## [WHAT IS NEEDED]
Copy exactly. Begin with the line that contains "let item = copied(alloc, item)?;" and stop after the last line of the records.

━━ SUPPLIED RECORDS ━━

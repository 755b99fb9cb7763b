//! Expressions that are places, or parts of values: elements, slices, targets, parts and steps (Limbo Language Reference, expressions).
//!
//! An expression is a place where it reads one. `specs/Elements.antt`, `Slices`, `Targets` and `Steps` say which expressions
//! `base[index]`, `base[from:to]`, `*reference`, `base.name`, `ref value`, `++place` and their like are, given their parts with their
//! types. Each call here puts such parts together, or says why there is no such expression. The checker of expressions stands on it.
//!
//! Read `element`, `slicing`, `target`, `reference`, `stepping`, `laws`.
#![tactic(auto)]

mod building;
mod element;
mod laws;
mod reference;
mod slicing;
mod stepping;
mod target;

pub use element::index;
pub use laws::{
    one_index, one_part, one_reference, one_slice, one_step, one_target, sound_elements,
    sound_references, sound_steps,
};
pub use reference::refer;
pub use slicing::slice;
pub use stepping::step;
pub use target::{dereference, select};
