//! Parts of strings and arrays between two bounds.

ghost use Rattle.std.specs.Prelude.{◌≡◌, ◌++◌, IfOk, IfErr, map, option_map};
ghost use Rattle.limbo_types.specs.Types as types;
ghost use Rattle.limbo_types.specs.View.{view_ty};
ghost use Rattle.limbo_typed.specs.Typed.{NoExprs, MoreExprs};
ghost use Rattle.limbo_typed.specs.View.{view_expr, view_exprs, view_optional};
ghost use Rattle.limbo_refusals.specs.Refusals as refusals;
ghost use Rattle.limbo_refusals.specs.Refusals.{Refuses, NoneIs};
ghost use Rattle.limbo_places.specs.Slices as slices;
ghost use Rattle.limbo_places.specs.Slices.{Slices, Hinders};
ghost use Rattle.limbo_places.specs.Choosing as choosing;

use crate::building::{boxed, copied, put};
use limbo_forms::{is_int, is_settled};
use limbo_refusals::{ExprFault, clash_of};
use limbo_typed::{Operation, Sequence, TExpr, TNode};
use limbo_types::Ty;
use std::alloc::{AllocError, Global};

// What has parts where a value is of this type: a string or an array, if it is known of what.
#[tactic(auto, using(limbo_types::proofs::View::the_types, crate::proofs::Forms::no_sequence))]
fn sliced_as(t: &Ty) -> Option<Sequence>
    ensures { result ≡ choosing.sliced_as (view_ty t.now) }
{
    if !is_settled(t) {
        return None;
    }
    match t {
        Ty::Chars => Some(Sequence::Chars),
        Ty::Array(_) => Some(Sequence::Array),
        _ => None,
    }
}

// The type of a bound that is no int.
#[tactic(auto, using(limbo_typed::proofs::View::the_exprs))]
fn no_int(bound: &Option<Box<TExpr>>) -> Option<&Ty>
    ensures { option_map (λ t. view_ty t.now) result ≡ choosing.no_int (view_optional bound.now) }
{
    match bound {
        Some(e) => { if is_int(&e.ty) { None } else { Some(&e.ty) } }
        None => None,
    }
}

// The operands of a slice: the whole, and the bounds that are written.
#[tactic(auto, using(limbo_typed::proofs::View::the_exprs))]
fn operands(
    alloc: Global,
    base: Box<TExpr>,
    from: Option<Box<TExpr>>,
    to: Option<Box<TExpr>>,
) -> Result<Vec<TExpr>, AllocError>
    ensures { IfOk result (λ es. view_exprs es.items
        ≡ MoreExprs (view_expr base.value) (slices.with_bound (view_optional from) (slices.with_bound (view_optional to) NoExprs))) }
{
    let mut operands = Vec::new(alloc);
    put(&mut operands, base)?;
    if let Some(bound) = from {
        put(&mut operands, bound)?;
    }
    if let Some(bound) = to {
        put(&mut operands, bound)?;
    }
    Ok(operands)
}

// A slice of what can be sliced.
#[tactic(auto, using(limbo_typed::proofs::View::the_exprs))]
fn sliced(
    alloc: Global,
    of: Sequence,
    base: Box<TExpr>,
    from: Option<Box<TExpr>>,
    to: Option<Box<TExpr>>,
) -> Result<Box<TExpr>, AllocError>
    ensures { IfOk result
        (λ e. view_expr e.value ≡ slices.slice of (view_expr base.value) (view_optional from) (view_optional to)) }
{
    let ty = copied(alloc, &base.ty)?;
    let operation = Operation::Slice {
        of,
        has_from: from.is_some(),
        has_to: to.is_some(),
    };
    let args = operands(alloc, base, from, to)?;
    boxed(alloc, Box::into_inner(ty), TNode::Apply { operation, args })
}

/// `base[from:to]`: the part of a string or an array between two bounds, of which either may be absent.
///
/// # Errors
/// Refusal 50, and want of memory.
pub fn slice(
    alloc: Global,
    base: Box<TExpr>,
    from: Option<Box<TExpr>>,
    to: Option<Box<TExpr>>,
) -> Result<Box<TExpr>, ExprFault>
    // It is the part between the bounds.
    ensures typed { IfOk result (λ e. Slices (view_expr base.value) (view_optional from) (view_optional to) (view_expr e.value)) }
    // Where it is refused, this type keeps it from being one.
    ensures refused { IfErr result (λ f. Refuses f (λ r.
        ((t : types.Ty) × Hinders (view_expr base.value) (view_optional from) (view_optional to) t × (r ≡ refusals.Clash t types.Int))
        × NoneIs (Slices (view_expr base.value) (view_optional from) (view_optional to)))) }
{
    let Some(of) = sliced_as(&base.ty) else {
        return Err(clash_of(alloc, &base.ty, &Ty::Int));
    };
    if let Some(t) = no_int(&from) {
        return Err(clash_of(alloc, t, &Ty::Int));
    }
    if let Some(t) = no_int(&to) {
        return Err(clash_of(alloc, t, &Ty::Int));
    }
    Ok(sliced(alloc, of, base, from, to)?)
}
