//! Elements of arrays, and characters of strings.

ghost use Rattle.std.specs.Prelude.{◌≡◌, IfOk, IfErr, option_map};
ghost use Rattle.limbo_types.specs.View.{view_ty};
ghost use Rattle.limbo_typed.specs.View.{view_expr};
ghost use Rattle.limbo_refusals.specs.Refusals as refusals;
ghost use Rattle.limbo_refusals.specs.Refusals.{Refuses, NoneIs};
ghost use Rattle.limbo_places.specs.Elements.{Indexes};
ghost use Rattle.limbo_places.specs.Choosing as choosing;

use crate::building::{boxed, copied, place_of, put, read};
use limbo_forms::{is_int, is_settled};
use limbo_refusals::{ExprFault, clash_of};
use limbo_typed::{Operation, PlaceNode, TExpr, TNode};
use limbo_types::Ty;
use std::alloc::{AllocError, Global};

#[tactic(auto, using(limbo_types::proofs::View::the_types, crate::proofs::Forms::no_string))]
fn is_string(t: &Ty) -> bool
    ensures { result ≡ choosing.is_string (view_ty t.now) }
{
    matches!(t, Ty::Chars)
}

// The type of an array's elements, where it is known.
#[tactic(auto, using(limbo_types::proofs::View::the_types, crate::proofs::Forms::no_element))]
fn settled_element(t: &Ty) -> Option<&Ty>
    ensures { option_map (λ i. view_ty i.now) result ≡ choosing.settled_element (view_ty t.now) }
{
    match t {
        Ty::Array(item) => { if is_settled(item) { Some(item) } else { None } }
        _ => None,
    }
}

// A character of a string that stands in no place.
#[tactic(auto, using(limbo_types::proofs::View::the_types, limbo_typed::proofs::View::the_exprs))]
fn character_of_value(
    alloc: Global,
    text: Box<TExpr>,
    index: Box<TExpr>,
) -> Result<Box<TExpr>, AllocError>
    ensures { IfOk result (λ e. view_expr e.value ≡ choosing.character_of_value (view_expr text.value) (view_expr index.value)) }
{
    let mut args = Vec::new(alloc);
    put(&mut args, text)?;
    put(&mut args, index)?;
    let operation = Operation::Character;
    boxed(alloc, Ty::Int, TNode::Apply { operation, args })
}

// A character of a string, in the place where it stands, if it stands in one.
#[tactic(auto, using(limbo_types::proofs::View::the_types, limbo_typed::proofs::View::the_exprs))]
fn character(alloc: Global, text: Box<TExpr>, index: Box<TExpr>) -> Result<Box<TExpr>, AllocError>
    ensures { IfOk result (λ e. view_expr e.value ≡ choosing.character (view_expr text.value) (view_expr index.value)) }
{
    match place_of(text) {
        Ok(text) => read(alloc, &Ty::Int, PlaceNode::Character { text, index }),
        Err(text) => character_of_value(alloc, text, index),
    }
}

/// `base[index]`: an element of an array, or a character of a string.
///
/// # Errors
/// Refusal 50, and want of memory.
pub fn index(alloc: Global, base: Box<TExpr>, index: Box<TExpr>) -> Result<Box<TExpr>, ExprFault>
    // It is what stands at the index.
    ensures typed { IfOk result (λ e. Indexes (view_expr base.value) (view_expr index.value) (view_expr e.value)) }
    // Where it is refused, nothing does.
    ensures refused { IfErr result (λ f. Refuses f (λ r. (r ≡ refusals.Clash (view_ty base.value.ty) (view_ty index.value.ty))
        × NoneIs (Indexes (view_expr base.value) (view_expr index.value)))) }
{
    if !is_int(&index.ty) {
        return Err(clash_of(alloc, &base.ty, &index.ty));
    }
    if is_string(&base.ty) {
        return Ok(character(alloc, base, index)?);
    }
    let Some(item) = settled_element(&base.ty) else {
        return Err(clash_of(alloc, &base.ty, &index.ty));
    };
    let item = copied(alloc, item)?;
    Ok(read(alloc, &item, PlaceNode::Element { array: base, index })?)
}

━━━

## [ANSWER TO THE EXERCISE]
    let item = copied(alloc, item)?;
    Ok(read(alloc, &item, PlaceNode::Element { array: base, index })?)
}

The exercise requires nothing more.